But here’s a little reminder: our children are resilient.
For caregivers and helpers looking for actionable steps to help children manage adversity, take a deep breath, we’ve got you.
Three Simple Steps to Cultivating Resiliency with Your Child:
1. Encourage often, praise less.
I spend a lot of time teaching how to parent through a trauma-informed lens, parenting a child with anxiety, or supporting adolescents through their mental health struggles, not in spite of their mental health struggles. Encouragement over praise is about recognizing the effort that a youth puts forward and acknowledging that effort is just as important, if not more important, than the measure of accomplishment at the end. Praise looks like, “Wow, you got 100% on that exam, I’m so proud of you!” Encouragement looks like, “I saw how hard you studied for that exam and the focus you put towards doing your best.” This subtle shift in language decreases anxiety and shame by emphasizing the effort put forth toward the goal rather than the outcome.

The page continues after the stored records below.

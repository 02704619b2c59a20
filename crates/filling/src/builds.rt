// A machine's table built for a slot, in lent memory.
ghost use Rattle.std.specs.Prelude.{◌≡◌};
ghost use Rattle.atoms.specs.Making.{asked};
ghost use Rattle.racks.specs.Promises.{lent_by};
ghost use Rattle.filling.specs.Fillings.{Makes, MakesAtom, SameMemory};

use atoms::{Atom, Below, Lab, Left, Right, Sing, Sub};
use build::{Unbuilt, build_cleared};
use machine::Machine;
use racks::Working;
use store::{Place, Slot, refused};
use trees::{Reason, Refusal};

// Leaves the bytes of the machine's table in the first cells, and answers where they go.
pub(crate) fn build_in<M: Machine>(
    slot: Slot<'_>,
    machine: &M,
    working: &mut Working<'_>,
) -> Result<Place, Refusal>
    requires { (M.Machine.meaning machine.now).shape ≡ slot.slots.rack.shape }
    ensures made { Makes slot.entry (M.Machine.meaning machine.now) (lent_by working.old) working.new.cells.now result }
    ensures same { SameMemory working.old working.new }
{
    let most = slot.slots.rack.most;
    // neither type is of this crate, so there is no `From` between them
    match build_cleared(machine, most, working.codes, working.cells, working.classes) {
        Ok(_) => Ok(slot.place()),
        Err(Unbuilt::TooMany) => Err(refused(Reason::TooManyStates)),
        Err(Unbuilt::Unserved) => Err(refused(Reason::MemoryTooShort)),
    }
}

// The same for an atom's machine, where it is made. Six types of machine: each arm makes its own.
pub(crate) fn build_atom(
    slot: Slot<'_>,
    atom: Atom,
    working: &mut Working<'_>,
) -> Result<Place, Refusal>
    ensures made { MakesAtom slot.entry (asked atom) (lent_by working.old) working.new.cells.now result }
    ensures same { SameMemory working.old working.new }
{
    let shape = slot.slots.rack.shape;
    match atom {
        Atom::Sub(i, j) => build_in(slot, &Sub::new(shape, i, j)?, working),
        Atom::Lab(i, a) => build_in(slot, &Lab::new(shape, i, a)?, working),
        Atom::Sing(i) => build_in(slot, &Sing::new(shape, i)?, working),
        Atom::Left(i, j) => build_in(slot, &Left::new(shape, i, j)?, working),
        Atom::Right(i, j) => build_in(slot, &Right::new(shape, i, j)?, working),
        Atom::Below(i, j) => build_in(slot, &Below::new(shape, i, j)?, working),
    }
}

2. Value your child for what they bring to the table.
There are so many things that I love about working with adolescents and children, but one of the most rewarding things to witness is the strength, creativity, and resourcefulness that each child brings to their day-to-day lives. It is difficult to navigate a world that is full of the “shoulds” or “supposed tos” – especially if you already feel as though the cards are stacked against you. Think about how often we place expectations on our children because that is what society expects of them, not because that is what our children expect of themselves… When I pause to think about the “why” of our expectations, I often wonder, “Where did that goal even come from?” We have so many expectations for youth that they need to achieve to be considered successful. We expect our children to go to school and “succeed” - that means sitting still for hours at a time, never losing focus, always saying please and thank you, performing well on an exam, being great at athletics. It is even better if they can work a part-time job on top of that when they’re in high school! Okay, I’m being mostly dramatic but honestly, that’s how it feels to most of the youth in our society. Imagine how overwhelming and frustrating it is for a child who cannot fit into that box.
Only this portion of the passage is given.